A relatively new area of research is in defining molecular mechanisms that drive cell transformation. We are developing new murine models of spontaneous melanoma with the aim of elucidating the role of immune-modulatory factors in regulating melanoma initiation and progression, and to identify oncogene mutations that may model human melanoma and test their potential as protective epitope-focused vaccines. In other studies, we have found that a novel pro-survival isoform of the pro-apoptotic molecule BID is associated with repair functions in cycling keratinocytes damaged by UV radiation. The opposing functions, defined by differential post-translational modifications of BID, are reminiscent of modifications that regulate p53, the “master regulator” of cell fate. We are working with Dr. M. Athar to explore potential cooperative mechanisms that may exist between BID and p53, with the hope of defining interdependencies that might be exploited for treating or inhibiting cancer initiation, growth and/or progression.
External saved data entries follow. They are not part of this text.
// What a walk of the trees makes and adds up. Four trees go side by side: word w of lane l stands at 4w + l.
#![tactic(auto)]

pub mod side;

ghost use Rattle.std.specs.Prelude.{◌≡◌, true, ◌+◌, ◌*◌, ◌%◌, ◌<◌, ◌≤◌, length, slice_index};
ghost use Rattle.words.specs.Bytes.{part};
ghost use Rattle.words.specs.Xor.{xor_each, xor_part};
ghost use Rattle.tree.specs.WalkWords.{total_word, u_word, column_word};
ghost use Rattle.tree.specs.Streams.{block_word, word_of};
ghost use Rattle.tree.specs.Sides.{TreesFit};
ghost use Rattle.sizes.specs.Sizes.{width_allowed, trees_of};

// What a leaf's stream is drawn by: the number of the batch.
#[derive(Clone, Copy)]
pub struct Stream {
    pub batch: u64,
}

// Paper 01's trees: n of k levels.
#[derive(Clone, Copy)]
pub struct Trees {
    pub n: usize,
    pub k: usize,
    pub ghost fit: { TreesFit n k },
}

impl Trees {
    // Those of an allowed width.
    pub fn of(width: u32) -> Trees
        requires { width_allowed width ≡ true }
        ensures n { result.n ≡ trees_of width }
        ensures k { result.k ≡ width }
    {
        Trees {
            n: sizes::trees_of(width),
            k: width as usize,
        }
    }
}

// The four nodes at a place of s: in four blocks the left children stand at 0, the right ones at 32. (A loop: with `from_fn`
// the proof of its 32 words did not close.)
pub fn nodes_at(s: &[u32], at: usize) -> [u32; 32]
    requires { at + 32 ≤ length s.now }
    ensures { result ≡ part at 32 s.now }
{
    let mut r = [0u32; 32];
    for i in 0..32 {
        r[i] = s[at + i];
    }
    r
}

// Adds the children made at each of some levels below four nodes to t, 64 words a level.
pub fn totals(nodes: &[u32; 32], levels: usize, t: &mut [u32])
    requires { length t.old ≡ 64 * levels }
    ensures { t.new ≡ xor_each t.old (total_word nodes.now) }
{
    if levels > 0 {
        let c = chacha20_four::block(nodes, 0, &nonces::nonce(0, 0));
        words::xor_into(&mut t[0..64], &c);
        totals(&nodes_at(&c, 0), levels - 1, &mut t[64..]);
        totals(&nodes_at(&c, 32), levels - 1, &mut t[64..]);
    }
}

// Adds the blocks of four keys under a nonce, by the counters from 0 on, to u. (That u has whole blocks, eight at most, is said of a lent slice, here
// and wherever trees are walked: a slice keeps its length, and a struct that holds one would have to say so in each clause.)
fn add_blocks(nonce: &[u8; 12], keys: &[u32; 32], u: &mut [u32])
    requires { (length u.old % 64 ≡ 0) × (length u.old ≤ 512) }
    ensures { u.new ≡ xor_each u.old (u_word (block_word nonce.now) 0 keys.now) }
{
    for counter in 0..u.len() / 64 {
        let c = chacha20_four::block(keys, counter as u32, nonce);
        let at = 64 * counter;
        let end = at + 64;
        words::xor_into(&mut u[at..end], &c);
    }
}

// Adds the streams of four leaves to u.
fn add_stream(stream: Stream, leaves: &[u32; 32], u: &mut [u32])
    requires { (length u.old % 64 ≡ 0) × (length u.old ≤ 512) }
    ensures { u.new ≡ xor_each u.old (u_word (word_of stream) 0 leaves.now) }
{
    add_blocks(&nonces::nonce(1, stream.batch), leaves, u);
}

// Adds u to column r of v.
fn add_column(v: &mut [u32], r: usize, u: &[u32])
    requires { r * length u.now + length u.now ≤ length v.old }
    ensures { v.new ≡ xor_part v.old (r * length u.now) (length u.now) (λ i. slice_index u.now i) }
{
    let at = r * u.len();
    let end = at + u.len();
    words::xor_into(&mut v[at..end], u);
}

// Adds the streams of all leaves some levels below four nodes to u, and to column b of v those of the leaves whose number has bit b.
// The leaves on the right have the bit of their level: u is added to its column before them and after them, so that only they stay.
pub fn walk(stream: Stream, levels: usize, nodes: &[u32; 32], u: &mut [u32], v: &mut [u32])
    requires u_in_bounds { levels * length u.old ≤ length v.old }
    requires u_len { (length u.old % 64 ≡ 0) × (length u.old ≤ 512) × (0 < length u.old) }
    ensures u_after { u.new ≡ xor_each u.old (u_word (word_of stream) levels nodes.now) }
    ensures v_after { v.new ≡ xor_each v.old (column_word (word_of stream) (length u.old) levels nodes.now) }
{
    if levels == 0 {
        add_stream(stream, nodes, u);
    } else {
        let c = chacha20_four::block(nodes, 0, &nonces::nonce(0, 0));
        walk(stream, levels - 1, &nodes_at(&c, 0), u, v);
        add_column(v, levels - 1, u); // what u has so far goes when u is added again
        walk(stream, levels - 1, &nodes_at(&c, 32), u, v);
        add_column(v, levels - 1, u);
    }
}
Nabiha Yusuf, PhD Our laboratory is involved in evaluating the effect of environmental influences such as chemical carcinogens and ultraviolet radiation on the skin immune system. The focus of our research is on the role of innate immunity in the development of skin carcinogenesis. Toll-like receptors (TLRs), one component of innate immunity, are intricately associated with a number of dermatologic conditions. We have found that the innate immune system mediates through Toll like receptor-4 (TLR4) signaling to activate the cell mediated adaptive immune response against chemically induced tumors. TLR4 signaling had a protective effect against 7,12-dimethylbenz(a)anthracene (DMBA) induced skin cancer in certain strains of mice which develop cell mediated immune response to this chemical carcinogen. We are currently in the process of evaluating the role of innate immune system in ultraviolet B (UVB) radiation induced skin cancer. The mechanisms by which UVB radiation influences cell-mediated immune responses have been the subject of extensive investigation.  However, there is little information on the role of innate immunity in this process. Our recent experiments suggest that certain components of innate immunity, especially TLR4, may play an important role in photoimmunosuppression. Currently, we are investigating whether the resistance of TLR4 gene knockout mice to UVB-induced immunosuppression has implications for photocarcinogenesis.  The ultimate goal of these studies will be to define the role of TLR4 in the development of immune suppression and tumor development that occurs following UV radiation.  This may allow us to identify genetic loci that are involved in these processes and to develop immunopreventive and immunotherapeutic approaches towards them.